The next step is to provide structure to the input data. With correctly structured source data, autoML will be able to effectively create a model and optimize its hyperparameters. The process of input data manipulation is commonly known as data munging or feature engineering.
Structuring the data includes converting numerical attributes to categorical attributes, breaking attributes into more finite components, deriving attributes from other attributes, cleansing attributes, and normalizing attributes. Feature engineering is often as much an art as it is a science and requires data scientists to vigilantly curate the data to make it usable by a model and do so in a way that is repeatable and provides a lineage for each of the data attributes back to its source.
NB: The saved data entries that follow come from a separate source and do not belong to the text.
//! A page that lives, with what was written of it.
ghost use Rattle.std.specs.Prelude.{◌≡◌, ◌<◌, ◌++◌, ◌∷◌, [], ℕ, List, Option, length, map, IfOk, OnOk};
ghost use Rattle.std.specs.List.{flat_map};
ghost use Rattle.trace_reader.specs.Said.{Said, a_swap};
ghost use Rattle.manifest_reader.specs.Page.{Part};
ghost use Rattle.slot_check.specs.Sources.{Source};
ghost use Rattle.slot_check.specs.Verdicts.{source_of, IsSmall};
ghost use Rattle.widget_meaning.specs.OwnState.{OwnState};
ghost use Rattle.page_plan.specs.Pages.{PagePiece, page_of, roots};
ghost use Rattle.page_check.specs.Runs.{SlotRun};
ghost use Rattle.page_play.specs.Housed.{IsItem};
ghost use Rattle.page_play.specs.Settled.{said_of};
ghost use Rattle.page_play.specs.Told.{AppendsPage};
ghost use Rattle.live_text.specs.Answer.{shown, slot_text};
ghost use Rattle.page_live.specs.Page.{AppendsAnswer, AppendsFirst, IsAlive, IsShowing, Lives, Shows, touched_by};

use crate::entries::{entries, flagged, renew};
use crate::page::LivePage;
use code_units::Memory;
use live_text::{Entry, push_answer, push_slot};
use page_play::HostItem;
use slot_check::SourceFile;
use std::alloc::Global;
use trace_text::{Line, report_line};

/// A page that lives, and what was written for each of its slots last.
#[derive(Drop)]
pub struct Session {
    pub page: LivePage,
    pub written: Vec<Entry>,
}

impl Session {
    /// Begins with a page that was loaded: a line for each slot, and the page line are appended.
    pub fn begin(alloc: Global, page: LivePage, out: &mut Vec<u8>) -> Result<Session, Memory>
        requires alive { IsAlive page }
        ensures page { IfOk result (λ s. s.page ≡ page) }
        ensures many { IfOk result (λ s. length s.written.items ≡ length page.findings.names.items) }
        ensures first { IfOk result (λ s. (pieces : List PagePiece) (owns : List (Option OwnState))
            → Shows page pieces owns
            → AppendsFirst page.findings owns pieces (map shown s.written.items) out.old.items out.new.items) }
    {
        let written = entries(alloc, &page)?;
        push_slots(&written, out)?;
        push_page(alloc, &page, out)?;
        Ok(Session { page, written })
    }

    /// The page takes an event or an advance, and the answer is appended.
    pub fn take(&mut self, alloc: Global, item: HostItem, out: &mut Vec<u8>) -> Result<(), Memory>
        requires alive { IsAlive self.old.page }
        requires many { length self.old.written.items ≡ length self.old.page.findings.names.items }
        requires room { self.old.page.taken < 4096 }
        requires shape { IsItem item (length self.old.page.findings.names.items) }
        ensures lives { OnOk result
            ((parts : List Part) (pairs : List (ℕ
            × ℕ)) (runs : List SlotRun) (files : List Source) (items : List Said)
            → Lives parts pairs runs files items self.old.page
            → Lives parts pairs runs files (items ++ said_of item ∷ []) self.new.page) }
        ensures answer { OnOk result ((pieces : List PagePiece) (owns : List (Option OwnState))
            → Shows self.new.page pieces owns
            → AppendsAnswer self.new.page.findings owns (touched_by (said_of item)) self.new.page.taken
            (map shown self.old.written.items) (map shown self.new.written.items) out.old.items out.new.items) }
        ensures many { OnOk result (length self.new.written.items ≡ length self.new.page.findings.names.items) }
    {
        let touched = touched_by(&item);
        self.page.take(alloc, item)?;
        tell(alloc, &self.page, touched, &mut self.written, out)?;
        Ok(())
    }

    /// The page takes a swap of a slot that brings this file, and the answer is appended.
    pub fn swap(
        &mut self,
        alloc: Global,
        to: u32,
        file: &SourceFile,
        out: &mut Vec<u8>,
    ) -> Result<(), Memory>
        requires alive { IsAlive self.old.page }
        requires many { length self.old.written.items ≡ length self.old.page.findings.names.items }
        requires room { self.old.page.taken < 4096 }
        requires there { to < length self.old.page.findings.names.items }
        requires few { length self.old.page.findings.swaps.slots.items < 4 }
        requires small { IsSmall file.now }
        ensures lives { OnOk result
            ((parts : List Part) (pairs : List (ℕ
            × ℕ)) (runs : List SlotRun) (files : List Source) (items : List Said) (name : List ℕ)
            → Lives parts pairs runs files items self.old.page
            → Lives parts pairs runs (files ++ source_of file.now ∷ [])
            (items ++ a_swap to name ∷ []) self.new.page) }
        ensures answer { OnOk result ((pieces : List PagePiece) (owns : List (Option OwnState)) (name : List ℕ)
            → Shows self.new.page pieces owns
            → AppendsAnswer self.new.page.findings owns (touched_by (a_swap to name)) self.new.page.taken
            (map shown self.old.written.items) (map shown self.new.written.items) out.old.items out.new.items) }
        ensures many { OnOk result (length self.new.written.items ≡ length self.new.page.findings.names.items) }
    {
        self.page.swap(alloc, to, file)?;
        tell(alloc, &self.page, Some(to), &mut self.written, out)?;
        Ok(())
    }
}

// The slot to which alone an item gives something.
fn touched_by(item: &HostItem) -> Option<u32>
    ensures { result ≡ touched_by (said_of item.now) }
{
    match item {
        HostItem::Event { to, .. } => Some(*to),
        HostItem::Advance(_) => None,
    }
}

// Appends the answer to the last item.
fn tell(
    alloc: Global,
    page: &LivePage,
    touched: Option<u32>,
    written: &mut Vec<Entry>,
    out: &mut Vec<u8>,
) -> Result<(), Memory>
    requires showing { IsShowing page.now }
    requires many { length written.old.items ≡ length page.now.findings.names.items }
    ensures answer { OnOk result ((pieces : List PagePiece) (owns : List (Option OwnState)) → Shows page.now pieces owns
        → AppendsAnswer page.now.findings owns touched page.now.taken (map shown written.old.items)
        (map shown written.new.items) out.old.items out.new.items) }
    ensures many { length written.new.items ≡ length written.old.items }
{
    let flags = renew(alloc, page, touched, written)?;
    let some = flagged(alloc, written, &flags)?;
    push_answer(page.taken, &some, out)?;
    Ok(())
}

// Appends the lines of slots.
fn push_slots(entries: &[Entry], out: &mut Vec<u8>) -> Result<(), Memory>
    ensures { OnOk result (out.new.items ≡ out.old.items ++ flat_map slot_text (map shown entries.now)) }
{
    'entries: for entry in entries {
        push_slot(entry, out)?;
    }
    Ok(())
}

// Appends the page line.
fn push_page(alloc: Global, page: &LivePage, out: &mut Vec<u8>) -> Result<(), Memory>
    requires showing { IsShowing page.now }
    ensures { OnOk result ((pieces : List PagePiece) (owns : List (Option OwnState)) → Shows page.now pieces owns
        → AppendsPage (page_of pieces (roots page.now.findings.names.items owns)) out.old.items out.new.items) }
{
    let mut text = Vec::new(alloc);
    page.host.print_page(alloc, &mut text)?;
    report_line(&Line::Page { text }, out)?;
    Ok(())
}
With the advent of deep learning, there have been many discussions as to whether feature engineering is also becoming irrelevant and is a candidate for automation in the future. Although many companies have started to show remarkable results with deep learning, its niche today is in cognitive domains such as image recognition, machine translation, and natural language processing. It is in these domains where the number of raw inputs is extensive, and each variable has little or no meaning on its own. It is also here where the application of deep learning can extract features based on this plethora of data points.
In other business domains, the curation of features by the data science team is still a highly valuable data preparation step. Even when companies use deep learning methodologies, they will often combine these automatically identified features with human-curated features to produce optimal results in model development.
Model Evaluation and Business Impact Evaluation
Finally, once autoML has efficiently run through thousands (or tens of thousands) of permutations to identify a model that works best with the data provided, it still is important that the data science team evaluate the results and validate that they will drive the intended business case. A highly tuned model can still miss the mark, and it is up to the team to assess this fit for purpose.
It is also vital that the data science team monitor the model once it has been deployed into production. The team needs to ensure that the model can perform as well with real data as it did with training data and that the business objectives are being achieved through the application of the model. This process of model evaluation requires close engagement with the business to identify metrics that have organizational value. Data science teams need to converse in terms that resonate with their business counterparts.
The Future of the Data Science Team
As autoML becomes a larger part of the industry, it alleviates the data science team from having to perform the repetitive and cumbersome process of model selection and hyperparameter optimization. As this evolution occurs, data science teams will continue to play a vital role in the organization, but they must identify what other processes in the data science life cycle need their attention and shift their energy.
This transformation is also an opportunity for data scientists to assess their skills and determine if they have the necessary competencies to enhance these other processes as their previously in-demand tasks are automated away.